YOUR ASSIGNMENT ▸ For the material below, return exactly the lines starting at the one holding "IsNextStep core.now result" and ending at the one holding "Some(Event::Open)", counting both as part of the range.

Segment Open

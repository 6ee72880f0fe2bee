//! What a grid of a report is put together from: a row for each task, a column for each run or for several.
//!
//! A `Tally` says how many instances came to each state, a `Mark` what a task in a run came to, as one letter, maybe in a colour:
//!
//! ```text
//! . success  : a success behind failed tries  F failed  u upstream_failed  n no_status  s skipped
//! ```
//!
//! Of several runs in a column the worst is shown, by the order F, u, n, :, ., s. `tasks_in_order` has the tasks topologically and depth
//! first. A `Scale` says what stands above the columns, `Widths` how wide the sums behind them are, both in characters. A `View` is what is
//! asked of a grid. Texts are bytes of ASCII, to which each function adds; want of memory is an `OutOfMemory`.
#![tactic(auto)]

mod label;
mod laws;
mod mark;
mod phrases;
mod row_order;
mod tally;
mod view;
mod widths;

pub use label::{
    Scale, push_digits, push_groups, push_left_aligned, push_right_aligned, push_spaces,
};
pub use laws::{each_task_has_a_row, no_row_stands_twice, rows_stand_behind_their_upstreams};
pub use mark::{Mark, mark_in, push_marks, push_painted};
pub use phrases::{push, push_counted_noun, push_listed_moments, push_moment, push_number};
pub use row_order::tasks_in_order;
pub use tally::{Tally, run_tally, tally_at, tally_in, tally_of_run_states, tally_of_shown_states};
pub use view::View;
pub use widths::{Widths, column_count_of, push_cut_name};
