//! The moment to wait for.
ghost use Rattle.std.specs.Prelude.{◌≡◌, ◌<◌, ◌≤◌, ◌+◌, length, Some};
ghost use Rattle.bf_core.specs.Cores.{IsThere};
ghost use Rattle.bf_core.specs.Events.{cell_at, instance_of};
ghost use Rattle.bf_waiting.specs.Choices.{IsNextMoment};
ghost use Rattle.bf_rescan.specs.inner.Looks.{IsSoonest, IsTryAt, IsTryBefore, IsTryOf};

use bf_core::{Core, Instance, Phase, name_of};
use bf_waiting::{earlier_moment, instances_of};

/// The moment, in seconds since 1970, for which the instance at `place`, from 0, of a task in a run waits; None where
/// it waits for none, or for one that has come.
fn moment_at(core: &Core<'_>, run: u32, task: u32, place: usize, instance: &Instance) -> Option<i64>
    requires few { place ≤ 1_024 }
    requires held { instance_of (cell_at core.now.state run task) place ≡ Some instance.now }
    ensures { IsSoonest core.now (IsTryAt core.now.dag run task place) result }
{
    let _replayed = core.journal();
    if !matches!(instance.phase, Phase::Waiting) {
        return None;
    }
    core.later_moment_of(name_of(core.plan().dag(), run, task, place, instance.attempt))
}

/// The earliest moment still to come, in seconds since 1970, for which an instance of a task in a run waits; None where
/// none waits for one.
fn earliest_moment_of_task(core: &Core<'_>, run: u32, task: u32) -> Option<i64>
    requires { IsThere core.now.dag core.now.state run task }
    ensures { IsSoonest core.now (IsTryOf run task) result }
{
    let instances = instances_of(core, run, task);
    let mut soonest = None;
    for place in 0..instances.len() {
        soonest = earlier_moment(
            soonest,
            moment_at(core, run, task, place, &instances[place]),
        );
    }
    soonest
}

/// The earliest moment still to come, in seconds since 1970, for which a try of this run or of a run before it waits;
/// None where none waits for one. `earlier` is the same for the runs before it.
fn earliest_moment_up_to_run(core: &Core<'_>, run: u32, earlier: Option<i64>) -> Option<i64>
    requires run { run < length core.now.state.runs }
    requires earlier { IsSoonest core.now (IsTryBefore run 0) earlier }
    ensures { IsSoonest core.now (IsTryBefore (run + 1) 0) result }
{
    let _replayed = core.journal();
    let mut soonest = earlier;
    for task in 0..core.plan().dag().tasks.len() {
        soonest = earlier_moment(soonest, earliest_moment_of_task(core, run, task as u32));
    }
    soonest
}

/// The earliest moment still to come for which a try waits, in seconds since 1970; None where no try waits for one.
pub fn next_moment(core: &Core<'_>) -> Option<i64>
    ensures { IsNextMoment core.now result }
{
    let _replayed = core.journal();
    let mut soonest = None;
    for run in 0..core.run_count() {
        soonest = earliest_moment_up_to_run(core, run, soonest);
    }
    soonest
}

Segment Closed
Segment Open

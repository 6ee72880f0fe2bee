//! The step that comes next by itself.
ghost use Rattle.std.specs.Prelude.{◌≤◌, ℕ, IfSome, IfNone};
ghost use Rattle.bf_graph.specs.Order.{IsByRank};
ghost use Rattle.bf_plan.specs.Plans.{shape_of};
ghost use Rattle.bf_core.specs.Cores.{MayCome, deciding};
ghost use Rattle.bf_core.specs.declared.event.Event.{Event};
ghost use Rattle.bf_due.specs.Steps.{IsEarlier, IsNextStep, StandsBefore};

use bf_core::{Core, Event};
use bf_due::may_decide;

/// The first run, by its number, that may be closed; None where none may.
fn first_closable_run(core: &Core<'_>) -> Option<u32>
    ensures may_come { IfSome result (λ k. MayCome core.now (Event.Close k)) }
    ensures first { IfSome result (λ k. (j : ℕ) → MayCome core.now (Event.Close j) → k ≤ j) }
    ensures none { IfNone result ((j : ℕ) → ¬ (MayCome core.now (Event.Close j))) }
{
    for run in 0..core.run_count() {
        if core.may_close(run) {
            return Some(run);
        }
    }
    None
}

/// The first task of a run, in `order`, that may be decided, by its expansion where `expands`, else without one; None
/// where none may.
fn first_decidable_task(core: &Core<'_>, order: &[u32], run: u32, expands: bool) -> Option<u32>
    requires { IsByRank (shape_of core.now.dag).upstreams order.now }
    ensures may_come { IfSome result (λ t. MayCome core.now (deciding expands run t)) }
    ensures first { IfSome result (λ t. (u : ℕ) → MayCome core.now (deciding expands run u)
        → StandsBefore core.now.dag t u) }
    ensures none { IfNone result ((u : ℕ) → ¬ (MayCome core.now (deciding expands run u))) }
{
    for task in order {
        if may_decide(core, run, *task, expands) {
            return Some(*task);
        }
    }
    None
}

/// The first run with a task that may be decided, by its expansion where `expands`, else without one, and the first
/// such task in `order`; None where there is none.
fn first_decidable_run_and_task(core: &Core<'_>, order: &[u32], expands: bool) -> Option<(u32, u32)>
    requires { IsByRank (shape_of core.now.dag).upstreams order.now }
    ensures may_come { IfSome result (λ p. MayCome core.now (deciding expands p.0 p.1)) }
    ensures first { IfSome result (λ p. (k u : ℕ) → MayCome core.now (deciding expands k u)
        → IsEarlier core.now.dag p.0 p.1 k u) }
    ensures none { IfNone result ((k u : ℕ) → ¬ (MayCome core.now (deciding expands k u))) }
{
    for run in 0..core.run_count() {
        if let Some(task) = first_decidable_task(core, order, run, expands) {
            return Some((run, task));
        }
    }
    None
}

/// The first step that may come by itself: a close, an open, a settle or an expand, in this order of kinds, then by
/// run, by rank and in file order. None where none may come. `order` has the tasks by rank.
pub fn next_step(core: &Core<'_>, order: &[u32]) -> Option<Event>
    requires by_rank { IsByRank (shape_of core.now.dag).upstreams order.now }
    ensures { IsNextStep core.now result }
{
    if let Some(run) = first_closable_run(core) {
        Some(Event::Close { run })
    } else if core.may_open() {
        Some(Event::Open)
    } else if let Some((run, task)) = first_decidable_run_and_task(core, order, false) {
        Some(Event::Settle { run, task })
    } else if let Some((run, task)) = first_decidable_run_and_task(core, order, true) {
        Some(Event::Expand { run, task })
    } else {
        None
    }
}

Segment Closed
Segment Open

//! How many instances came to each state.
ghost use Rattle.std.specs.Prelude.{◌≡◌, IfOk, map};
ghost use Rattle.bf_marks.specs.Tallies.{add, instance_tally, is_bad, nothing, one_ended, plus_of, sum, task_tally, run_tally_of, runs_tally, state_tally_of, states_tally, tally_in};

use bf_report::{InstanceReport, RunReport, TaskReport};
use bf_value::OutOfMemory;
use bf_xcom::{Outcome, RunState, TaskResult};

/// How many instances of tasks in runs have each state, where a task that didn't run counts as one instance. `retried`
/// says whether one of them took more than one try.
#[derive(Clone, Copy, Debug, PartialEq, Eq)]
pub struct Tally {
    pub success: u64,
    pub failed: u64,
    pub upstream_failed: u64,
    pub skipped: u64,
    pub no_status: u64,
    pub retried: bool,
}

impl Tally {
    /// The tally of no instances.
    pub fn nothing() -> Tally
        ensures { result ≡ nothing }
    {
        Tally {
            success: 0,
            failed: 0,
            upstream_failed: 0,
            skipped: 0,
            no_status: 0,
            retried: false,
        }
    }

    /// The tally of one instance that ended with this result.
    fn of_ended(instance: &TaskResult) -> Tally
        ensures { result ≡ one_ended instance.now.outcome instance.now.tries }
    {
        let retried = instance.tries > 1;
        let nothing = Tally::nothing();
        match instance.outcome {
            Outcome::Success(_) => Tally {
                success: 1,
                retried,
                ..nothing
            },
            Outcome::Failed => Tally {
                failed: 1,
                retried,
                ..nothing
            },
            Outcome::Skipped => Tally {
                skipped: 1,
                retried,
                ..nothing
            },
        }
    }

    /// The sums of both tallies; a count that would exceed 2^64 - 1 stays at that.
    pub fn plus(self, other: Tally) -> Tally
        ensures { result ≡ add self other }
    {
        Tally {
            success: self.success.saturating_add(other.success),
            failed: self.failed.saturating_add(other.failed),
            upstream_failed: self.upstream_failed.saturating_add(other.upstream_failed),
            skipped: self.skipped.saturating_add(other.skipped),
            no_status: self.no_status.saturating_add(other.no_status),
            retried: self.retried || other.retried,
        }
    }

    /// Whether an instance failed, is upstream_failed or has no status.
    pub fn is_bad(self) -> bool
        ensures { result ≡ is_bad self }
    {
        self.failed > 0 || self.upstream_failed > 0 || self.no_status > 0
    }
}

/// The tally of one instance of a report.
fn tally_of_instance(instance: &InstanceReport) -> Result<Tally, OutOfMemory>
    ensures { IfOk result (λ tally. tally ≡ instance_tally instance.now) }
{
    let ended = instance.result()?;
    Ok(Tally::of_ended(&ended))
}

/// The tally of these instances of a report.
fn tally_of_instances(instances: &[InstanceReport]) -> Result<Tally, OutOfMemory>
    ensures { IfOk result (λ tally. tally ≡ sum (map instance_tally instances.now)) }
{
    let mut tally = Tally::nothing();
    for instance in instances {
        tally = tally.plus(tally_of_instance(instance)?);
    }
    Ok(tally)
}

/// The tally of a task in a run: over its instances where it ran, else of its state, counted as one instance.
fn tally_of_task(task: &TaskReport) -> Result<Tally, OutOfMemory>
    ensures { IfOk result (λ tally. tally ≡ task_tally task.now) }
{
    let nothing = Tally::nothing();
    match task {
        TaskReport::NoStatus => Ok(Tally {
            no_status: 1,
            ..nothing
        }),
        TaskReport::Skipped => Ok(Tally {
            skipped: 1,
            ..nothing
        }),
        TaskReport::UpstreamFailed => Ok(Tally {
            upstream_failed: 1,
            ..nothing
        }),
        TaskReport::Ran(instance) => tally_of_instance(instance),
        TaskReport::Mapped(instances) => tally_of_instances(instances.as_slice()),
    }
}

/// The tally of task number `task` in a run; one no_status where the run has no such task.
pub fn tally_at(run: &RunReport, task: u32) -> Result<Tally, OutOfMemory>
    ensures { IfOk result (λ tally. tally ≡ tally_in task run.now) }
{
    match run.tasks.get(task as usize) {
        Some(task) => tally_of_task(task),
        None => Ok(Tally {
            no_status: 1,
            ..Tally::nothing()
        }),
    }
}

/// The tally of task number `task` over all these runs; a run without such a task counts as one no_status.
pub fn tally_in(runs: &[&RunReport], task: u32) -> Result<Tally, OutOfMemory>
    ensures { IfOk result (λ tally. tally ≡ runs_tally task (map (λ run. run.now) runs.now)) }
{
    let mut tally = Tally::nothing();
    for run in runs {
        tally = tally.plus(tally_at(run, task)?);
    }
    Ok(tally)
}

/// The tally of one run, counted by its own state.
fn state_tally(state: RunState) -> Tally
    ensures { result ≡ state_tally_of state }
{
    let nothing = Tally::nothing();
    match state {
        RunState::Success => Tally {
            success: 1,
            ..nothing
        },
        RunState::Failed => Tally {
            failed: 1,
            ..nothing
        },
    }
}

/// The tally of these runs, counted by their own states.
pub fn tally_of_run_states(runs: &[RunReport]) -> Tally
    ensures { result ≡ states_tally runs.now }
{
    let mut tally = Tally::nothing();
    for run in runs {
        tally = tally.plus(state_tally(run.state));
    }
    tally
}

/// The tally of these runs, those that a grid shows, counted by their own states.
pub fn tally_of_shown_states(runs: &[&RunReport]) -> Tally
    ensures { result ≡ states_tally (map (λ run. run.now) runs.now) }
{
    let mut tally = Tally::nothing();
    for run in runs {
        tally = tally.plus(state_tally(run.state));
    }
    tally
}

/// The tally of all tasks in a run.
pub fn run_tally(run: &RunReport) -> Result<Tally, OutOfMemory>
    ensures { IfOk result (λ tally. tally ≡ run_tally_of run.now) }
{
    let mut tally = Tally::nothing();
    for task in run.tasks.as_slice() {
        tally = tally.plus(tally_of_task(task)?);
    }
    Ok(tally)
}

Segment Closed

ANSWER BOX ▸
    ensures { IsNextStep core.now result }
{
    if let Some(run) = first_closable_run(core) {
        Some(Event::Close { run })
    } else if core.may_open() {
        Some(Event::Open)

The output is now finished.